▶ **What the exercise asks**: Output must match the data below exactly from its first line through the line that contains "zero divisor, Shift", with no other line.

▶ **Provided entries**:

━━━━━━━━━━━━━━━━━━━━━━━━━━━━━━

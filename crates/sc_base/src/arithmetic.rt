//! The operators on whole numbers of 64 bits with sign, with their faults.

ghost use Rattle.std.specs.Prelude.{◌≡◌, ◌*ℤ◌, ◌^◌, ◌<◌, pos, int_div, int_rem, int_le, int_lt, ◌&&◌};
ghost use Rattle.sc_base.specs.Arithmetic.{binary_of, unary_of, divided, shifted, floor_div};

use crate::operator::{Binary, Unary};
use crate::value::FaultKind;

/// The whole-number result of `a op b`, or the fault that comes in its place: Divide for a zero divisor, Shift
/// for a count outside 0 to 63, and Overflow for a result that has no 64 bits with sign. `Div` and `Rem`
/// truncate towards zero, the remainder of the least number by -1 is 0, `Shr` rounds down, and comparisons give
/// 1 or 0.
pub fn binary(op: Binary, a: i64, b: i64) -> Result<i64, FaultKind>
    ensures { result ≡ binary_of op a b }
{
    match op {
        Binary::Add => a.checked_add(b).ok_or(FaultKind::Overflow),
        Binary::Sub => a.checked_sub(b).ok_or(FaultKind::Overflow),
        Binary::Mul => a.checked_mul(b).ok_or(FaultKind::Overflow),
        Binary::Div => quotient(a, b),
        Binary::Rem => remainder(a, b),
        Binary::Shl => shift_left(a, b),
        Binary::Shr => shift_right(a, b),
        Binary::And => Ok(a & b),
        Binary::Or => Ok(a | b),
        Binary::Xor => Ok(a ^ b),
        Binary::Eq => Ok((a == b) as i64),
        Binary::Ne => Ok((a != b) as i64),
        Binary::Lt => Ok((a < b) as i64),
        Binary::Le => Ok((a <= b) as i64),
        Binary::Gt => Ok((a > b) as i64),
        Binary::Ge => Ok((a >= b) as i64),
    }
}

fn quotient(a: i64, b: i64) -> Result<i64, FaultKind>
    ensures { result ≡ divided int_div a b }
{
    let missing = if b == 0 {
        FaultKind::Divide
    } else {
        FaultKind::Overflow
    };
    a.checked_div(b).ok_or(missing)
}

fn remainder(a: i64, b: i64) -> Result<i64, FaultKind>
    ensures { result ≡ divided int_rem a b }
{
    if b == 0 {
        return Err(FaultKind::Divide);
    }
    Ok(a.checked_rem(b).unwrap_or(0))
}

fn shift_left(a: i64, b: i64) -> Result<i64, FaultKind>
    ensures { result ≡ shifted (λ count. a *ℤ pos (2 ^ count)) b }
{
    if !is_count(b) {
        return Err(FaultKind::Shift);
    }
    i128::from(a)
        .checked_mul(power_of_two(b as u32))
        .and_then(|wide| i64::try_from(wide).ok())
        .ok_or(FaultKind::Overflow)
}

fn shift_right(a: i64, b: i64) -> Result<i64, FaultKind>
    ensures { result ≡ shifted (λ count. floor_div a (2 ^ count)) b }
{
    if !is_count(b) {
        return Err(FaultKind::Shift);
    }
    Ok(a >> b)
}

/// Whether a number of 64 bits can be shifted by so many places.
fn is_count(b: i64) -> bool
    ensures { result ≡ (int_le (pos 0) b && int_lt b (pos 64)) }
{
    (0..64).contains(&b)
}

fn power_of_two(count: u32) -> i128
    requires { count < 64 }
    ensures { result ≡ pos (2 ^ count) }
{
    i128::from(1u64 << count)
}

/// The result of `op a`: the negated number, Overflow for the least one, or 1 or 0 for `Not`, or the complement
/// of every bit.
pub fn unary(op: Unary, a: i64) -> Result<i64, FaultKind>
    ensures { result ≡ unary_of op a }
{
    match op {
        Unary::Minus => a.checked_neg().ok_or(FaultKind::Overflow),
        Unary::Not => Ok((a == 0) as i64),
        Unary::Invert => Ok(!a),
    }
}

#[cfg(test)]
mod tests {
    use super::*;

    #[test]
    fn operators_of_two_give_the_exact_number_or_its_fault(rt: HostRuntime) {
        let cases = [
            (Binary::Add, 2, 3, Ok(5)),
            (Binary::Add, i64::MAX, 1, Err(FaultKind::Overflow)),
            (Binary::Sub, 2, 3, Ok(-1)),
            (Binary::Sub, i64::MIN, 1, Err(FaultKind::Overflow)),
            (Binary::Mul, -4, 3, Ok(-12)),
            (Binary::Mul, 1 << 32, 1 << 31, Err(FaultKind::Overflow)),
            (Binary::Div, -7, 2, Ok(-3)),
            (Binary::Div, 7, 0, Err(FaultKind::Divide)),
            (Binary::Div, i64::MIN, -1, Err(FaultKind::Overflow)),
            (Binary::Rem, -7, 2, Ok(-1)),
            (Binary::Rem, 7, 0, Err(FaultKind::Divide)),
            (Binary::Rem, i64::MIN, -1, Ok(0)),
            (Binary::Shl, 1, 62, Ok(4611686018427387904)),
            (Binary::Shl, 1, 63, Err(FaultKind::Overflow)),
            (Binary::Shl, -1, 63, Ok(i64::MIN)),
            (Binary::Shl, 0, 64, Err(FaultKind::Shift)),
            (Binary::Shl, 0, -1, Err(FaultKind::Shift)),
            (Binary::Shr, -5, 1, Ok(-3)),
            (Binary::Shr, -1, 63, Ok(-1)),
            (Binary::Shr, 0, 64, Err(FaultKind::Shift)),
        ];
        for (op, a, b, want) in cases {
            assert_eq!(rt; binary(op, a, b), want, "{a} {op:?} {b}");
        }
    }

    #[test]
    fn bits_comparisons_and_operators_of_one(rt: HostRuntime) {
        let cases = [
            (Binary::And, 12, 10, 8),
            (Binary::Or, 12, 10, 14),
            (Binary::Xor, 12, 10, 6),
            (Binary::And, -1, 5, 5),
            (Binary::Eq, 4, 4, 1),
            (Binary::Ne, 4, 4, 0),
            (Binary::Lt, -1, 0, 1),
            (Binary::Le, 0, 0, 1),
            (Binary::Gt, -1, 0, 0),
            (Binary::Ge, 0, 0, 1),
        ];
        for (op, a, b, want) in cases {
            assert_eq!(rt; binary(op, a, b), Ok(want), "{a} {op:?} {b}");
        }
        let cases = [
            (Unary::Minus, 5, Ok(-5)),
            (Unary::Minus, i64::MIN, Err(FaultKind::Overflow)),
            (Unary::Not, 0, Ok(1)),
            (Unary::Not, -2, Ok(0)),
            (Unary::Invert, 0, Ok(-1)),
        ];
        for (op, a, want) in cases {
            assert_eq!(rt; unary(op, a), want, "{op:?} {a}");
        }
    }
}
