/// What is read behind the first word of a statement or behind the brace of a block.
impl Reader<'_> {
    /// Whether a token is left, other than the last brace of a block.
    fn goes_on(&self) -> bool
        ensures { result ≡ reading.sees (reading.other_than Mark.CloseCurly) (slice_get self.now.tokens.now self.now.next) }
    {
        self.kind().is_some() && !self.next_is_mark(Mark::CloseCurly)
    }

    /// The refusal of a statement that is too deep.
    #[tactic(auto, unfolding(sc_grammar::proofs::Reading::bind, sc_grammar::proofs::Reading::pure, sc_grammar::proofs::Reading::maybe, sc_grammar::proofs::Reading::takes_if, sc_grammar::proofs::Reading::next_is, sc_grammar::proofs::Reading::too_deep, sc_grammar::proofs::Reading::fail))]
    fn no_deeper_statement(&self) -> Refused
        ensures { Fails {A = Statement} result (reading.no_deeper statements.begins_statement self.now.tokens.now self.now.next) }
    {
        let begins = match self.kind() {
            Some(kind) => begins_statement(kind),
            None => false,
        };
        self.no_deeper(begins)
    }

    #[cycle(statement)]
    #[tactic(auto, using(sc_tree::proofs::ViewStmtLaws::statement_views), unfolding(sc_grammar::proofs::Reading::bind, sc_grammar::proofs::Reading::pure, sc_grammar::proofs::Reading::maybe, sc_grammar::proofs::Reading::takes_if, sc_grammar::proofs::ReadingStatements::statement, sc_grammar::proofs::ReadingStatements::statement_by, sc_grammar::proofs::Reading::here))]
    fn statement(&mut self, levels: usize) -> Result<Stmt, Refused>
        ensures moves { Gives plain_stmt result self.old self.new (statements.statement levels) }
    {
        if levels == 0 {
            return Err(self.no_deeper_statement());
        }
        let levels = levels - 1;
        let start = self.here();
        if self.takes_mark(Mark::OpenCurly) {
            let all = self.block_after(levels)?;
            return Ok(Stmt::Block(all));
        }
        if self.takes_mark(Mark::Semicolon) {
            return Ok(Stmt::Empty);
        }
        if self.takes_word(Word::If) {
            return self.if_after(levels);
        }
        self.by_loop_word(start, levels)
    }

    /// The locals and statements of a block, and its last brace.
    #[cycle(statement)]
    #[tactic(auto, using(sc_grammar::proofs::ManyLaws::turns), unfolding(sc_grammar::proofs::Reading::bind, sc_grammar::proofs::Reading::pure, sc_grammar::proofs::Reading::maybe, sc_grammar::proofs::Reading::takes_if, sc_grammar::proofs::ReadingStatements::block_after, sc_grammar::proofs::Reading::many))]
    pub fn block_after(&mut self, levels: usize) -> Result<Block, Refused>
        ensures moves { Gives (map plain_stmt) result self.old self.new (statements.block_after (expressions.assigned levels) (statements.statement levels)) }
    {
        let mut all = Items::new(self.alloc);
        for _turn in self.next..self.tokens.len() {
            let Some(part) = self.one_part(levels)? else {
                break;
            };
            all.push(part)?;
        }
        self.mark(Mark::CloseCurly)?;
        Ok(all)
    }

    #[cycle(statement)]
    #[tactic(auto, unfolding(sc_grammar::proofs::Reading::bind, sc_grammar::proofs::Reading::pure, sc_grammar::proofs::Reading::maybe, sc_grammar::proofs::Reading::takes_if, sc_grammar::proofs::ReadingStatements::one_part, sc_grammar::proofs::Reading::next_is))]
    fn one_part(&mut self, levels: usize) -> Result<Option<Stmt>, Refused>
        ensures moves { Gives (option_map plain_stmt) result self.old self.new (statements.one_part (expressions.assigned levels) (statements.statement levels)) }
    {
        if !self.goes_on() {
            return Ok(None);
        }
        let part = if self.takes_word(Word::Int) {
            self.locals(levels)?
        } else {
            self.statement(levels)?
        };
        Ok(Some(part))
    }

    /// A statement that stands inside another.
    #[cycle(statement)]
    fn inner(&mut self, levels: usize) -> Result<Boxed<Stmt>, Refused>
        ensures moves { Gives plain_stmt result self.old self.new (statements.statement levels) }
    {
        let body = self.statement(levels)?;
        Ok(Boxed::new(self.alloc, body)?)
    }

    /// The test behind an `if`, and the statement that it guards.
    #[cycle(statement)]
    #[tactic(auto, using(sc_tree::proofs::ViewStmtLaws::statement_views), unfolding(sc_grammar::proofs::Reading::bind, sc_grammar::proofs::Reading::pure, sc_grammar::proofs::Reading::maybe, sc_grammar::proofs::Reading::takes_if, sc_grammar::proofs::ReadingStatements::arm_after))]
    fn arm_after(&mut self, levels: usize) -> Result<Arm, Refused>
        ensures moves { Gives plain_arm result self.old self.new (statements.arm_after (expressions.assigned levels) (statements.statement levels)) }
    {
        let test = self.test(levels)?;
        let body = self.statement(levels)?;
        Ok(Arm { test, body })
    }

    #[cycle(statement)]
    #[tactic(auto, using(sc_tree::proofs::ViewStmtLaws::statement_views, sc_grammar::proofs::ElsesLaws::elses_turns), unfolding(sc_grammar::proofs::Reading::bind, sc_grammar::proofs::Reading::pure, sc_grammar::proofs::Reading::maybe, sc_grammar::proofs::Reading::takes_if, sc_grammar::proofs::ReadingStatements::if_after, sc_grammar::proofs::ReadingStatements::elses))]
    fn if_after(&mut self, levels: usize) -> Result<Stmt, Refused>
        ensures moves { Gives plain_stmt result self.old self.new (statements.if_after (expressions.assigned levels) (statements.statement levels)) }
    {
        let mut arms = Items::new(self.alloc);
        let first = self.arm_after(levels)?;
        arms.push(first)?;
        for _turn in self.next..self.tokens.len() {
            if !self.takes_word(Word::Else) {
                break;
            }
            if !self.takes_word(Word::If) {
                let last = self.inner(levels)?;
                return Ok(Stmt::If {
                    arms,
                    rest: Some(last),
                });
            }
            let more = self.arm_after(levels)?;
            arms.push(more)?;
        }
        Ok(Stmt::If { arms, rest: None })
    }

    #[cycle(statement)]
    #[tactic(auto, using(sc_tree::proofs::ViewStmtLaws::statement_views), unfolding(sc_grammar::proofs::Reading::bind, sc_grammar::proofs::Reading::pure, sc_grammar::proofs::Reading::maybe, sc_grammar::proofs::Reading::takes_if, sc_grammar::proofs::ReadingStatements::by_loop_word))]
    fn by_loop_word(&mut self, own: Position, levels: usize) -> Result<Stmt, Refused>
        ensures moves { Gives plain_stmt result self.old self.new (statements.by_loop_word (expressions.assigned levels) (statements.statement levels) own) }
    {
        if self.takes_word(Word::While) {
            return self.while_after(levels);
        }
        if self.takes_word(Word::Do) {
            return self.do_after(levels);
        }
        if self.takes_word(Word::For) {
            return self.for_after(levels);
        }
        if self.takes_word(Word::ForMine) {
            return self.for_mine_after(levels);
        }
        self.by_other_word(own, levels)
    }

    #[cycle(statement)]
    #[tactic(auto, using(sc_tree::proofs::ViewStmtLaws::statement_views), unfolding(sc_grammar::proofs::Reading::bind, sc_grammar::proofs::Reading::pure, sc_grammar::proofs::Reading::maybe, sc_grammar::proofs::Reading::takes_if, sc_grammar::proofs::ReadingStatements::while_after))]
    fn while_after(&mut self, levels: usize) -> Result<Stmt, Refused>
        ensures moves { Gives plain_stmt result self.old self.new (statements.while_after (expressions.assigned levels) (statements.statement levels)) }
    {
        let test = self.test(levels)?;
        let body = self.inner(levels)?;
        Ok(Stmt::While { test, body })
    }

    #[cycle(statement)]
    #[tactic(auto, using(sc_tree::proofs::ViewStmtLaws::statement_views), unfolding(sc_grammar::proofs::Reading::bind, sc_grammar::proofs::Reading::pure, sc_grammar::proofs::Reading::maybe, sc_grammar::proofs::Reading::takes_if, sc_grammar::proofs::ReadingStatements::do_after))]
    fn do_after(&mut self, levels: usize) -> Result<Stmt, Refused>
        ensures moves { Gives plain_stmt result self.old self.new (statements.do_after (expressions.assigned levels) (statements.statement levels)) }
    {
        let body = self.inner(levels)?;
        self.word(Word::While)?;
        let test = self.test(levels)?;
        self.mark(Mark::Semicolon)?;
        Ok(Stmt::DoWhile { body, test })
    }

    #[cycle(statement)]
    #[tactic(auto, using(sc_tree::proofs::ViewStmtLaws::statement_views, sc_grammar::proofs::ForLaws::for_is), unfolding(sc_grammar::proofs::Reading::bind, sc_grammar::proofs::Reading::pure, sc_grammar::proofs::Reading::maybe, sc_grammar::proofs::Reading::takes_if))]
    fn for_after(&mut self, levels: usize) -> Result<Stmt, Refused>
        ensures moves { Gives plain_stmt result self.old self.new (statements.for_after (expressions.assigned levels) (statements.statement levels)) }
    {
        self.mark(Mark::OpenRound)?;
        let parts = self.for_parts(levels)?;
        let body = self.inner(levels)?;
        Ok(Stmt::For {
            first: parts.first,
            test: parts.test,
            next: parts.next,
            body,
        })
    }

    #[cycle(statement)]
    #[tactic(auto, using(sc_tree::proofs::ViewStmtLaws::statement_views), unfolding(sc_grammar::proofs::Reading::bind, sc_grammar::proofs::Reading::pure, sc_grammar::proofs::Reading::maybe, sc_grammar::proofs::Reading::takes_if, sc_grammar::proofs::ReadingStatements::for_mine_after, sc_grammar::proofs::Reading::here))]
    fn for_mine_after(&mut self, levels: usize) -> Result<Stmt, Refused>
        ensures moves { Gives plain_stmt result self.old self.new (statements.for_mine_after (expressions.assigned levels) (statements.statement levels)) }
    {
        self.mark(Mark::OpenRound)?;
        let Position { at, line } = self.here();
        let name = self.name()?;
        self.mark(Mark::Comma)?;
        let bound = self.assigned(levels)?;
        self.mark(Mark::CloseRound)?;
        let body = self.inner(levels)?;
        Ok(Stmt::ForMine {
            name,
            bound,
            body,
            at,
            line,
        })
    }
}
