//! The sources of a job's leaves: a leaf's source is the leaf whose value is the argument of its call, or the number of
//! its work.
ghost use Rattle.std.specs.Prelude.{◌≡◌, ℕ, ◌+◌, ◌<◌, length, Some, IfOk, slice_get};
ghost use Rattle.sp_order.specs.Code.SourcesView.{listed};
ghost use Rattle.sp_order.specs.Sources.{low_bits as lowest, with_value as valued};

use seq_objects::Op;
use std::alloc::{AllocError, Global};

/// For each leaf its source or none. It takes memory only where some leaf may have one.
#[derive(Drop)]
pub(crate) enum Sources {
    /// No leaf has a source.
    Absent,
    /// For each leaf, from left to right, its source or none.
    Each(Vec<Option<u32>>),
}

impl Sources {
    /// The source of this leaf, or `None` where it has none.
    pub(crate) fn of(&self, leaf: u32) -> Option<u32>
        requires { leaf < length (listed self.now (leaf + 1)) }
        ensures { (leaves : ℕ) → leaf < leaves → slice_get (listed self.now leaves) leaf ≡ Some result }
    {
        match self {
            Sources::Absent => None,
            Sources::Each(sources) => sources[leaf as usize],
        }
    }

    /// A copy, in time linear in the leaves.
    pub(crate) fn copied(&self, alloc: Global) -> Result<Sources, AllocError>
        ensures { (leaves : ℕ) → IfOk result (λ copy. listed copy leaves ≡ listed self.now leaves) }
    {
        match self {
            Sources::Absent => Ok(Sources::Absent),
            Sources::Each(sources) => {
                let mut copy = Vec::new(alloc);
                copy.extend_from_slice(sources.as_slice())?;
                Ok(Sources::Each(copy))
            }
        }
    }
}

/// The low 32 bits of a value.
pub fn low_bits(value: u64) -> u32
    ensures { result ≡ lowest value }
{
    (value % 0x1_0000_0000) as u32
}

/// The operation with the low 32 bits of this value as its argument.
pub fn with_value(op: Op, value: u64) -> Op
    ensures { result ≡ valued op value }
{
    op.with_argument(low_bits(value))
}
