//! The ticks of columns, and how many of them rows last.
ghost use Rattle.std.specs.Prelude.{◌≡◌, ◌+◌, ◌*◌, ◌-◌, ◌≤◌, ◌<◌, ◌^◌, length};
ghost use Rattle.report_shares.specs.Shares.{width_of, edge, lasts_in, ticks_in};

use batch_history::Row;

/// A product that fits.
fn product(factor: u32, number: u32) -> u64
    ensures { result ≡ factor * number }
{
    factor as u64 * number as u64
}

/// The ticks that a column is wide, for so many leaves.
pub fn width_of(leaves: u32) -> u32
    ensures { result ≡ width_of leaves }
{
    leaves / 60 + 1
}

/// The first tick of a column, for so many leaves.
pub(crate) fn edge(leaves: u32, column: u32) -> u64
    ensures { result ≡ edge leaves column }
{
    product(column, width_of(leaves)).min(2 * leaves as u64)
}

/// How many of the ticks from `from` on and below `to` a row lasts.
fn lasts_in(from: u64, to: u64, row: &Row) -> u64
    ensures lasts { result ≡ lasts_in from to row.now }
    ensures few { result ≤ to - from }
{
    to.min(row.end).saturating_sub(from.max(row.start))
}

/// How many of the ticks from `from` on and below `to` rows last, all together.
pub(crate) fn ticks_in(from: u64, to: u64, rows: &[Row]) -> u64
    requires few { length rows.now < 2 ^ 32 }
    requires narrow { to ≤ from + 2 ^ 31 }
    ensures { result ≡ ticks_in from to rows.now }
{
    let mut ticks = 0;
    for row in rows {
        ticks += lasts_in(from, to, row);
    }
    ticks
}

━━━━━━━━━━━━━━━━━━━━━━━━━━━━━━

▶ **Response box**:
filename crates/sc_base/src/arithmetic.rt
//! The operators on whole numbers of 64 bits with sign, with their faults.

ghost use Rattle.std.specs.Prelude.{◌≡◌, ◌*ℤ◌, ◌^◌, ◌<◌, pos, int_div, int_rem, int_le, int_lt, ◌&&◌};
ghost use Rattle.sc_base.specs.Arithmetic.{binary_of, unary_of, divided, shifted, floor_div};

use crate::operator::{Binary, Unary};
use crate::value::FaultKind;

/// The whole-number result of `a op b`, or the fault that comes in its place: Divide for a zero divisor, Shift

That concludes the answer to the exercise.